Art. 286, al. 2, let. a et f

2 L’investigation secrète peut être ordonnée aux fins de poursuivre les infractions visées par les dispositions suivantes:

  • a. CP15: art. 111 à 113, 122, 124, 129, 135, 138 à 140, 143, al. 1, 144, al. 3, 144bis, ch. 1, par. 2, et ch. 2, par. 2, 146, al. 1 et 2, 147, al. 1 et 2, 148, 156, 160, 182 à 185bis, 187, 188, ch. 1, 189, al. 1 et 3, 190, al. 1 et 3, 191, 192, al. 1, 195, 196, 197, al. 3 à 5, 221, al. 1 et 2, 223, ch. 1, 224, al. 1, 226bis, 226ter, 227, ch. 1, par. 1, 228, ch. 1, par. 1, 230bis, 231, 232, ch. 1, 233, ch. 1, 234, al. 1, 237, ch. 1, 238, al. 1, 240, al. 1, 242, 244, al. 2, 251, ch. 1, 260bis à 260sexies, 264 à 267, 271, 272, ch. 2, 273, 274, ch. 1, par. 2, 301, 305bis, ch. 2, 310, 322ter, 322quater et 322septies;

  • f. LStup16: art. 19, al. 2, et 20, al. 2;

Art. 294 Exemption de peine

Dans la mesure où l’agent infiltré agit dans le cadre d’une investigation secrète dûment autorisée, il n’est pas punissable en vertu des dispositions suivantes:

  • a. lors de la poursuite de la pornographie avec des mineurs ou des actes d’ordre sexuel avec des mineurs: art. 197, al. 4 et 5, CP17, dans la mesure où les objets ou représentations ont comme contenu des actes d’ordre sexuel non effectifs avec des mineurs;

  • b. lors de la poursuite d’infractions contre la LStup18: art. 19 et 20 à 22 LStup.

Art. 301, al. 1bis

1bis Le dénonciateur peut demander à l’autorité de poursuite pénale une confirmation de la dénonciation si celle-ci a été faite oralement pour mention au procès-verbal.

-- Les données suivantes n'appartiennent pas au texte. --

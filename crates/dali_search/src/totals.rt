ghost use Rattle.std.specs.Prelude.{◌≡◌, ◌+◌, ◌<◌, ◌≤◌, ◌^◌, [], length, slice_set};
ghost use Rattle.dali_search.specs.Nodes.{node_at, total_at, total_of, IsLeaf, SidesWithin, AreLinked, AreTotals, AreTotalsBut};

use crate::node::{Node, NodeEnd, Total};

/// Makes the totals exact again after node `from` was branched: its own, and those of the nodes above it.
pub(crate) fn refresh(nodes: &[Node], totals: &mut [Total], from: u32)
    requires linked { AreLinked nodes.now }
    requires from { from < length nodes.now }
    requires but { AreTotalsBut nodes.now totals.old from }
    requires few { (total_at totals.old 0).branches < 2 ^ 32 }
    ensures totals { AreTotals nodes.now totals.new }
    ensures lower { (total_at totals.new 0).greatest ≤ (total_at totals.old 0).greatest }
    ensures more { (total_at totals.new 0).branches ≡ (total_at totals.old 0).branches + 1 }
{
    let mut at = from;
    'climb: while at > 0 {
        renew(nodes, totals, at);
        at = nodes[at as usize].above;
    }
    renew(nodes, totals, 0);
}

/// Makes the total of a node exact.
fn renew(nodes: &[Node], totals: &mut [Total], at: u32)
    requires size { length totals.old ≡ length nodes.now }
    requires at { at < length nodes.now }
    requires linked { AreLinked nodes.now }
    requires room { (total_of totals.old (node_at nodes.now at).end).branches < 2 ^ 64 }
    ensures { totals.new ≡ slice_set totals.old at (total_of totals.old (node_at nodes.now at).end) }
{
    let total = total_of(&nodes[at as usize].end, totals);
    totals[at as usize] = total;
}

/// The total of a node with this end.
fn total_of(end: &NodeEnd, totals: &[Total]) -> Total
    requires sides { SidesWithin (length totals.now) end.now }
    requires room { (total_of totals.now end.now).branches < 2 ^ 64 }
    ensures { result ≡ total_of totals.now end.now }
{
    match end {
        NodeEnd::Open { bound, .. } => Total {
            greatest: *bound,
            branches: 0,
        },
        NodeEnd::Pruned { .. } => Total {
            greatest: 0,
            branches: 0,
        },
        NodeEnd::Branched {
            inside,
            outside,
            ..
        } => {
            let inner = totals[*inside as usize];
            let outer = totals[*outside as usize];
            Total {
                greatest: inner.greatest.max(outer.greatest),
                branches: inner.branches + outer.branches + 1,
            }
        }
    }
}

/// The total of a node that isn't branched.
pub(crate) fn leaf_total(end: &NodeEnd) -> Total
    requires { IsLeaf end.now }
    ensures { result ≡ total_of [] end.now }
{
    match end {
        NodeEnd::Open { bound, .. } => Total {
            greatest: *bound,
            branches: 0,
        },
        NodeEnd::Pruned { .. } => Total {
            greatest: 0,
            branches: 0,
        },
        NodeEnd::Branched { .. } => unreachable!(),
    }
}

Art. 303a Fourniture de sûretés en cas de délit contre l’honneur

1 En cas de délit contre l’honneur, le ministère public peut astreindre le plaignant à fournir des sûretés dans un délai déterminé pour couvrir les éventuels frais et indemnités.

2 Si les sûretés ne sont pas fournies dans le délai imparti, la plainte pénale est réputée retirée.

Art. 316, al. 1, 1re phrase

1 Lorsque des infractions poursuivies sur plainte font l’objet de la procédure préliminaire, le ministère public peut citer le plaignant et le prévenu à une audience dans le but d’aboutir à un arrangement à l’amiable. …

Art. 318, al. 1bis et 3

1bis Il indique par écrit aux personnes lésées dont le domicile est connu et qui n’ont pas encore été informées de leurs droits qu’il entend rendre une ordonnance pénale, une ordonnance de mise en accusation ou une ordonnance de classement; il leur fixe un délai pour se constituer parties plaignantes et pour présenter leurs réquisitions de preuves.

3 Les informations visées aux al. 1 et 1bis et les décisions rendues en vertu de l’al. 2 ne sont pas sujettes à recours.

Art. 322, al. 3

3 Il peut être formé opposition contre une décision de confiscation prononcée dans le cadre de l’ordonnance de classement. La procédure d’opposition est régie par les dispositions sur l’ordonnance pénale. Le tribunal statue sous la forme d’une décision ou d’une ordonnance.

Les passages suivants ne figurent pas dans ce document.